## Problem to solve:
Using the data below, count the lines where "beyond" appears, and answer with the number alone.

==== Data in this exercise ====

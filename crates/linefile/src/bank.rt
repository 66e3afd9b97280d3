// A line file as a bank: its bodies are asked where they lie.
ghost use Rattle.std.specs.Prelude.{◌≡◌, ℕ, ◌+◌, not, ◌&&◌, [], MatchOption, slice_index_or};
ghost use Rattle.model.specs.Components.{level_of, is_interface};
ghost use Rattle.model.specs.Generators.{nothing};
ghost use Rattle.model.specs.Readings.{meant};
ghost use Rattle.model.specs.Sets.{member};
ghost use Rattle.charts.specs.Meanings.{chart_of};
ghost use Rattle.charts.proofs.Rules.{well-charted};
ghost use Rattle.generators.specs.Selfloops.{looped};
ghost use Rattle.makes.specs.Meanings.{gen_of};
ghost use Rattle.makes.specs.Shapes.{shape, shape_in};
ghost use Rattle.linefile.specs.Layout.{texts};
ghost use Rattle.linefile.specs.Bank.{alphabet_of, list_from};
ghost use Rattle.linefile.specs.Formed.{list-formed};
ghost use Rattle.linefile.specs.File.{bank_reading};

use crate::contents::Contents;
use charts::chart::Chart;
use generators::bank::Bank;
use generators::generator::Generator;
use generators::selfloop::Selfloop;
use makes::make::Make;
use model::component::{is_interface, level_of};
use model::fault::Fault;
use model::next::Next;
use model::set::EventSet;

// The components of a line file. Plants and supervisors stand under a selfloop layer with their level's alphabet, interfaces stand bare.
#[derive(Clone, Copy)]
pub struct FileBank<'a> {
    chart: Chart,
    // the body of component c stands at c + 1: fixed memory, no heap
    bodies: [&'a [u8]; 27],
}

impl<'a> FileBank<'a> {
    // Reads a line file: header, contents, event body, and the bodies of the components in turn.
    pub fn read(file: &'a [u8]) -> Result<FileBank<'a>, Fault>
        ensures { meant (λ b. list_from (chart_of b.chart) (texts b.bodies)) result ≡ bank_reading file.now }
    {
        let contents = Contents::read(file)?;
        let chart = contents.chart()?;
        contents.read_components()?;
        Ok(FileBank {
            chart,
            bodies: contents.bodies,
        })
    }

    // The make of a component; beyond the last body that of no bytes.
    fn make(&self, component: u8) -> Make<'a>
        ensures { shape result ≡ shape_in (chart_of self.now.chart).events (slice_index_or (texts self.now.bodies) (component + 1) []) }
    {
        let body = self.bodies.get(usize::from(component) + 1);
        Make::cut(body.copied().unwrap_or(&[]), self.chart.events())
    }

    // The events of the component's layer: its level's alphabet, and none for an interface.
    fn layer(&self, component: u8) -> EventSet
        ensures { (e : ℕ) → member result.word e ≡ (not (is_interface component) && alphabet_of (chart_of self.now.chart) (level_of component) e) }
    {
        match level_of(component) {
            _ if is_interface(component) => EventSet::EMPTY,
            0 => self.chart.high_alphabet(),
            level => self.chart.level_alphabet(level),
        }
    }

    // The component under its layer; there is none beyond the last.
    fn get(&self, component: u8) -> Option<Selfloop<Make<'a>>>
        ensures { let there = slice_index_or (list_from (chart_of self.now.chart) (texts self.now.bodies)) component nothing in MatchOption result (there ≡ nothing) (λ s. there ≡ looped (gen_of (shape s.inner)) (member s.events.word)) }
    {
        if component < self.chart.components() {
            Some(Selfloop {
                inner: self.make(component),
                events: self.layer(component),
            })
        } else {
            None
        }
    }
}

impl<'a> Bank for FileBank<'a> {
    ghost list = { λ b. list_from (chart_of b.chart) (texts b.bodies) };

    ghost formed = { λ b. list-formed (chart_of b.chart) (well-charted b.chart) (texts b.bodies) };

    fn len(&self) -> u8 {
        self.chart.components()
    }

    fn count(&self, component: u8) -> u16 {
        self.get(component).map_or(0, |c| c.count())
    }

    fn initial(&self, component: u8) -> u16 {
        self.get(component).map_or(0, |c| c.initial())
    }

    fn knows(&self, component: u8, event: u8) -> bool {
        self.get(component).is_some_and(|c| c.knows(event))
    }

    fn marked(&self, component: u8, state: u16) -> bool {
        self.get(component).is_some_and(|c| c.marked(state))
    }

    fn next(&self, component: u8, state: u16, event: u8) -> Next {
        self.get(component)
            .map_or(Next::Foreign, |c| c.next(state, event))
    }
}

====

## Exercise result:
2